Saltaron al muelle y, con importantes zancadas, fueron directamente hacia Henry y comenzaron a hablarle rápidamente en birmano. Harry hizo un esfuerzo para tratar de deducir lo que decían por el tono de la voz, los gestos y las reacciones. Heinrich parecía sorprendido, y los policías, serios y severos. Heinrich señaló en dirección al lago. Los policías señalaron una dirección ligeramente diferente. Hubo más preguntas y respuestas, y Heinrich sacudió la cabeza con vehemencia. Los policías señalaron a Harry, y Heinrich hizo un gesto negativo.

—¿Qué pasa? —preguntó Harry con el corazón palpitante—. ¿Los han encontrado?

Heinrich pidió excusas a los policías y se volvió hacia Harry.

—Han encontrado al guía, el joven llamado Maung Wa Sao.

—¿Walter?

—Sí. Walter, exacto. Estaba en el suelo, en el interior de una pagoda, del otro lado del lago. Lo encontraron unos monjes a primera hora de la mañana.

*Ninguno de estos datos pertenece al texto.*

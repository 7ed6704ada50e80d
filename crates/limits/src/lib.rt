// The ten numbers of a track and their limits, written once for Track and for Line, the limits of what Track is given, of which stores keep the
// delays, the limit test on a list of values, and the refusals with the paper's numbers.
#![tactic(auto)]

ghost use Rattle.std.specs.Prelude.{◌≡◌};
ghost use Rattle.limits.specs.Limits.{outside, beyond, delay_limit, delays_beyond_lem, limits_number, dsg_number};
ghost use Rattle.limits.specs.Blocks.{blocks_fit_lem};
ghost use Rattle.limits.specs.Lists.{any_outside_lem};
ghost use Rattle.limits.specs.Scan.{scan_rule};
ghost use Rattle.limits.specs.Numbers.{number_of};

mod refusal;

pub use refusal::{Refusal, reply_number};

// The limits of what is given, in ps, each with its negative: of a measurement, and of a delay and every correction but the geometry.
pub const MEASUREMENT_LIMIT: i64 = 1_000_000_000_000;

pub const MEASUREMENT_LEAST: i64 = -MEASUREMENT_LIMIT;

pub const DELAY_LIMIT: i64 = 10_000_000_000;

pub const DELAY_LEAST: i64 = -DELAY_LIMIT;

// The ten numbers of a track, in their fixed order.
#[derive(Clone, Copy)]
pub struct Numbers {
    pub refsv: i64,
    pub srsv: i64,
    pub refsys: i64,
    pub srsys: i64,
    pub mdtr: i64,
    pub smdt: i64,
    pub mdio: i64,
    pub smdi: i64,
    pub dsg: i64,
    pub trkl: i64,
}

// Whether z lies outside low to high.
pub fn outside(low: i64, high: i64, z: i64) -> bool
    ensures { result ≡ outside low high z }
{
    (z < low) | (high < z)
}

// Whether a delay is beyond its limit.
pub fn delay_beyond(delay: i64) -> bool
    ensures { result ≡ beyond delay_limit delay }
{
    outside(DELAY_LEAST, DELAY_LIMIT, delay)
}

// The delays of receiver, antenna cable and reference cable, and the broadcast group delay, in ps.
#[derive(Clone, Copy)]
pub struct Delays {
    pub int: i64,
    pub cab: i64,
    pub refdly: i64,
    pub gd: i64,
}

// Whether one of the four is beyond its limit.
pub fn delays_beyond(delays: Delays) -> bool
    ensures { result ≡ delays_beyond_lem delays.int delays.cab delays.refdly delays.gd }
{
    delay_beyond(delays.int)
        | delay_beyond(delays.cab)
        | delay_beyond(delays.refdly)
        | delay_beyond(delays.gd)
}

// Whether a track may have n blocks.
pub fn blocks_fit(n: usize) -> bool
    ensures { result ≡ blocks_fit_lem n }
{
    (4 <= n) & (n <= 52)
}

// The limit test on a list: it reads up to and with the first value outside low to high, or all, and counts what it reads. `Err` where one is outside.
// Kept: a loop by hand, as the count of what is read is the place of the next value too.
pub fn scan(values: &[i64], low: i64, high: i64) -> Result<usize, usize>
    ensures { result ≡ scan_rule low high values.now }
{
    let mut read = 0;
    while read < values.len() {
        let at = read;
        read += 1;
        if outside(low, high, values[at]) {
            return Err(read);
        }
    }
    Ok(read)
}

// Whether some value is outside low to high.
pub fn any_outside(values: &[i64], low: i64, high: i64) -> bool
    ensures { result ≡ any_outside_lem low high values.now }
{
    scan(values, low, high).is_err()
}

// 3, 4 or 5 where one of the eight fitted numbers is outside its limits.
pub fn limits(numbers: Numbers) -> Result<(), Refusal>
    ensures { number_of result ≡ limits_number numbers }
{
    if outside(-9999999999, 9999999999, numbers.refsv)
        | outside(-9999999999, 9999999999, numbers.refsys)
    {
        return Err(Refusal::Midpoint);
    }
    if outside(-99999, 99999, numbers.srsv)
        | outside(-99999, 99999, numbers.srsys)
        | outside(-999, 999, numbers.smdt)
        | outside(-999, 999, numbers.smdi)
    {
        return Err(Refusal::Slope);
    }
    if outside(0, 9999, numbers.mdtr) | outside(0, 9999, numbers.mdio) {
        return Err(Refusal::Delay);
    }
    Ok(())
}

// 6 where a DSG is outside its limits.
pub fn dsg(dsg: i64) -> Result<(), Refusal>
    ensures { number_of result ≡ dsg_number dsg }
{
    if outside(0, 9999, dsg) {
        return Err(Refusal::Scatter);
    }
    Ok(())
}
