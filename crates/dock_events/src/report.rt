// The line that an event gets: its number, the dock's answer, the output buffer and where the dock
// stands then.
use crate::event::Answer;
use dock::{Dock, Standing};
use text::line::Line;

// The longest line: a number of seven digits, a refusal and a length of three digits, 255 bytes of
// two digits each, "sending", a page and a count of three digits, an edition, a space before each
// but the first, and the line end.
const LONGEST: usize = 547;

// The refusal, or 0, and how many bytes are to be sent.
fn add_answer(line: &mut Line<LONGEST>, answer: Answer) {
    match answer {
        Ok(accepted) => {
            line.text(b" 0");
            line.field(accepted.length);
        }
        Err(refusal) => {
            line.field(u8::from(refusal));
            line.text(b" 0");
        }
    }
}

fn add_dock(line: &mut Line<LONGEST>, dock: Dock) {
    match dock.standing {
        Standing::Ready => line.text(b" ready"),
        Standing::Asking(_) => line.text(b" asking"),
        Standing::Sending(_) => line.text(b" sending"),
    }
    line.field(dock.page);
    line.field(dock.count);
    line.edition(u8::from(dock.edition));
}

// The dock is as the event leaves it.
pub fn print_event(number: u64, answer: Answer, dock: Dock, output: &[u8]) {
    let mut line = Line::new();
    line.decimal(number);
    add_answer(&mut line, answer);
    line.bytes_or_nothing(output);
    add_dock(&mut line, dock);
    line.print_line();
}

—¡Dios mío! ¿Lo han matado?

—Tranquilícese, amigo. Parece ser que se estaba encaramando a alguna cosa dentro de la pagoda, cuando un trozo de relieve sagrado se desmoronó y lo golpeó en la cabeza. Quedó inconsciente. ¡Ah, esas pagodas están todas en un estado lamentable! Ni siquiera un millar de birmanos recibiendo mérito por sus donaciones serían suficientes para repararlas adecuadamente. Es un milagro que no se haya derrumbado la estructura entera sobre su cabeza, en un montón de escombros. En cualquier caso, ahora el pobre hombre está en un hospital, un poco deshidratado, con un feo chichón en la cabeza, pero, aparte de eso, perfectamente bien.

Harry suspiró, aliviado. ¡Entonces era eso lo que había pasado!

—¿Y los otros están con él?

—Bueno, ése es el problema. Me temo que no están allí y que nadie los ha visto. Y lo que es peor, ese hombre, Walter, no puede decir adonde han ido.

El corazón de Harry volvió a acelerarse.

—¿Cómo que no puede? ¿Por qué no?

—No lo recuerda. No se acuerda de nada…

—Creía que había dicho que estaba perfectamente bien.

—Bueno, no está terriblemente herido. Pero su mente… —Heinrich se golpeó la sien con un dedo—. No recuerda su nombre, ni su ocupación. Ni siquiera remotamente. Y, desde luego, no tiene la menor idea de lo que estaba haciendo antes del accidente. Por eso ha venido la policía. Para ver si su grupo había regresado.

—Seguramente fueron en busca de ayuda —conjeturó Harry, empleando un tono profesional que sugería autoridad, para acallar su propio pánico. Se imaginó a Marlena haciéndose cargo de todo. Tenía esa vertiente maternal. Habrían ido a buscar una aldea, desde luego, y un médico, y aspirinas… Pero entonces Harry recapacitó. ¿Por qué no se habría quedado alguien con Walter? No era preciso que fuesen todos. No tenía sentido.

—Tenemos que pedirle a la policía que organice una búsqueda y los encuentre inmediatamente.

Heinrich habló en voz baja y uniforme:

—Paciencia, amigo mío.

—¡Paciencia, un cuerno!

Heinrich levantó la mano, a la vez como bendición y advertencia.

—¿De verdad quiere involucrar a los militares? Ya se están preguntando cómo es posible que sus amigos hayan desaparecido y usted esté aquí.

—¡Santo Dios, no irá a decirme que piensan que yo he tenido algo que ver con esto! ¡Sería un escándalo!

—Yo no me pararía a adivinar lo que piensan, fuera o no fuera un escándalo. De momento, lo mejor que puede hacer, amigo mío, es mantener la calma y no alborotar ni pedir nada. Ahora voy a mi despacho a sacar de la caja fuerte los pasaportes de todos. La policía me los ha pedido. Le sugiero que aproveche la ocasión para admirar la belleza del lago. Déjeme que yo me ocupe de esto…

Resulta asombrosa la facilidad con que la gente entrega las riendas a quienes asumen el poder, ¿verdad? Contra su propia intuición, se permiten confiar en quienes saben que no merecen confianza. Me incluyo a mí misma, porque yo también lo hice una vez. Pero yo era sólo una niña, mientras que Harry era un hombre adulto, con un doctorado en psicología del comportamiento. Obedientemente, se fue a la orilla del lago. Contemplando sus aguas, trató de imaginar dónde estarían Marlena y los demás. Aunque la niebla del lago se había evaporado hacía tiempo, lo único que veía era un futuro incierto.